ASSIGNMENT: Every line of the entries that holds the word "Fields" is to be copied.

Start of SUPPLIED MATERIAL

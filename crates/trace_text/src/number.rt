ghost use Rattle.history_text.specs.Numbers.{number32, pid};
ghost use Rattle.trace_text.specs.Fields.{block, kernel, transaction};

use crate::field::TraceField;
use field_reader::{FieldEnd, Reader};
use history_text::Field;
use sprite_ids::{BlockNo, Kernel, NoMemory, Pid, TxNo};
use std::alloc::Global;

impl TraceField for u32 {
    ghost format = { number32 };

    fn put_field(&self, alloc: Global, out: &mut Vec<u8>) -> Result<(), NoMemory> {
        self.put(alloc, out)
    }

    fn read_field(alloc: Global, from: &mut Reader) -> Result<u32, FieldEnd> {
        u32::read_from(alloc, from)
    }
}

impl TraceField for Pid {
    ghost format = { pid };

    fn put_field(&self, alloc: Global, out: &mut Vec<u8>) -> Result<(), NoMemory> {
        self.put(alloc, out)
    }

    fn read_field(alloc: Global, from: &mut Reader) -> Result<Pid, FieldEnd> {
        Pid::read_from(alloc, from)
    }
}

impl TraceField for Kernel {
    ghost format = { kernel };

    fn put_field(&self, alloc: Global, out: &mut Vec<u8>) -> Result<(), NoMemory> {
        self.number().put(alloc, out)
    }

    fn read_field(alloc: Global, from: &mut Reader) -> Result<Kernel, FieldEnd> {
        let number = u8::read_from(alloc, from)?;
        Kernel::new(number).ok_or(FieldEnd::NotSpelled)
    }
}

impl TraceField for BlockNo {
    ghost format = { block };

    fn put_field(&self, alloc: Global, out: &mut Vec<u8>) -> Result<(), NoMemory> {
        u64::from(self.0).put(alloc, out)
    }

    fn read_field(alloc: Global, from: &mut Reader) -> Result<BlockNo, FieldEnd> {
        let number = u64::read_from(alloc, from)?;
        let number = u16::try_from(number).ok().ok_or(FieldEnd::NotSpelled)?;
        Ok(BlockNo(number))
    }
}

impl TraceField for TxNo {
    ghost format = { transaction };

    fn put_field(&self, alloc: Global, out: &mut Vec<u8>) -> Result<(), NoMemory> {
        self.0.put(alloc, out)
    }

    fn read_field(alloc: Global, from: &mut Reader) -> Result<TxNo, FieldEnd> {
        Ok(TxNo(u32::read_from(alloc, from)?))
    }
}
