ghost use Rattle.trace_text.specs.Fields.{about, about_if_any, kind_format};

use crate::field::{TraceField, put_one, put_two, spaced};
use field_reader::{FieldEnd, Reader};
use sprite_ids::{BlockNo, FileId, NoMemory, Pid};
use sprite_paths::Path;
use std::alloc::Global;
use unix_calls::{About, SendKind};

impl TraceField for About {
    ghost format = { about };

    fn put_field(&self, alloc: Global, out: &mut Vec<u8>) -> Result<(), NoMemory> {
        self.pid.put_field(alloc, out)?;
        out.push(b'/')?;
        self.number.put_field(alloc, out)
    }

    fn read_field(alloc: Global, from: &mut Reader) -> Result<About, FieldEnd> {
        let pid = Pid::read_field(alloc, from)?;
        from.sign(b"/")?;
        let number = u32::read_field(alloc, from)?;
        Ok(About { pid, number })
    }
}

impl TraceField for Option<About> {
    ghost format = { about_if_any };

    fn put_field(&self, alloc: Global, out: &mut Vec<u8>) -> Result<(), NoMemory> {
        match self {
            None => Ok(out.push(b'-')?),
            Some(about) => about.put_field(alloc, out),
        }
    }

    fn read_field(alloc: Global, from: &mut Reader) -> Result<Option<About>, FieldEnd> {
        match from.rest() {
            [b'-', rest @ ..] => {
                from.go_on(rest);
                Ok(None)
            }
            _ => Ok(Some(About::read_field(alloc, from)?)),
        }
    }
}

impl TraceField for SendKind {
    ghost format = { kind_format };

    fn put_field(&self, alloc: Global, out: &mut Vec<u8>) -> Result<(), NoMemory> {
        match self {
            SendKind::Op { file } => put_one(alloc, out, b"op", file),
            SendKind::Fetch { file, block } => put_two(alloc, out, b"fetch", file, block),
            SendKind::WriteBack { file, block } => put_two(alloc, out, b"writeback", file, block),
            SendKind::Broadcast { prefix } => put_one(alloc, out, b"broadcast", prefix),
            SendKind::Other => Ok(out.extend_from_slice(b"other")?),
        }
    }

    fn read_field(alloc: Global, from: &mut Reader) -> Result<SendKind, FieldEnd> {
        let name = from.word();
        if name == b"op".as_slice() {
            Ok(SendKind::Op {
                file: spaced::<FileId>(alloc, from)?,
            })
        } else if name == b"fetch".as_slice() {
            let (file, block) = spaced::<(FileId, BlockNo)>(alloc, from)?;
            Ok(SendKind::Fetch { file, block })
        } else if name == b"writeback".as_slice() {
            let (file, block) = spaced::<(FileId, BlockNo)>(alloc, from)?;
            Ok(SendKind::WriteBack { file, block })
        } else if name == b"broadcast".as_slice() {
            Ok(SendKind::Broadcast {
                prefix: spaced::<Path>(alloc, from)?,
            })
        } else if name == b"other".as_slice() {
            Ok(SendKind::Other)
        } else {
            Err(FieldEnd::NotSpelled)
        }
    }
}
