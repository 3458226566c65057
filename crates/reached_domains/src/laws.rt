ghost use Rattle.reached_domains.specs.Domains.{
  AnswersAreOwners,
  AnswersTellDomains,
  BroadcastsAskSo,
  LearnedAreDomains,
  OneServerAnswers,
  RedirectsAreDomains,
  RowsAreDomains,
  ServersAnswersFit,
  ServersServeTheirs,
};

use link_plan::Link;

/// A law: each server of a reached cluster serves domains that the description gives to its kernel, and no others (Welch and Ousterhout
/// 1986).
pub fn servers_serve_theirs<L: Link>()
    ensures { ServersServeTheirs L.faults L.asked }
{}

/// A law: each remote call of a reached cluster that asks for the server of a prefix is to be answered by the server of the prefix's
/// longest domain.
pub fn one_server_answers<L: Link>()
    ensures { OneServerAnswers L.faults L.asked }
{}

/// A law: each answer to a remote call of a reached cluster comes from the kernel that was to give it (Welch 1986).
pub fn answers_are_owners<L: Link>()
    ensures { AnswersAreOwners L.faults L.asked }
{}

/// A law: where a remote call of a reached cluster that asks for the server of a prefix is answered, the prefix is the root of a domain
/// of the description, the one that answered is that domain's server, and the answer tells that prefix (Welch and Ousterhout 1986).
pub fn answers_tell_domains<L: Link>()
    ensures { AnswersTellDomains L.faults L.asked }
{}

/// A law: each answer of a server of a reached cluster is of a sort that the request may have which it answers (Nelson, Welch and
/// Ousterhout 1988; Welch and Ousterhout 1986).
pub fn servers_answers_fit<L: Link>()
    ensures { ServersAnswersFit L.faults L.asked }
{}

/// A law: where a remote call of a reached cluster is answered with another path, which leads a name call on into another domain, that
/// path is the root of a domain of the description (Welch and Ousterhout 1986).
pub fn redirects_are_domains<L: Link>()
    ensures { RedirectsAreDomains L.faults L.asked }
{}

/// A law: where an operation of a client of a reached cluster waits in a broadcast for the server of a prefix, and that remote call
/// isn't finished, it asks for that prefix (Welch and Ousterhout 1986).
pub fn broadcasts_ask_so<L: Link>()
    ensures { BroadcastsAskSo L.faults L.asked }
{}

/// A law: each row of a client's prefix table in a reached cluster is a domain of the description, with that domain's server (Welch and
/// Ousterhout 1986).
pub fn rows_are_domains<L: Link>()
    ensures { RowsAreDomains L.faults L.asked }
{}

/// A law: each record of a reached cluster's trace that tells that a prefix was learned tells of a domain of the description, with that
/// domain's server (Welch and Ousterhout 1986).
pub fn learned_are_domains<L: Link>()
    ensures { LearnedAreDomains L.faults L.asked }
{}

End of SUPPLIED MATERIAL

EXPECTED OUTPUT:
ghost use Rattle.trace_text.specs.Fields.{block, kernel, transaction};
ghost use Rattle.trace_text.specs.Fields.{about, about_if_any, kind_format};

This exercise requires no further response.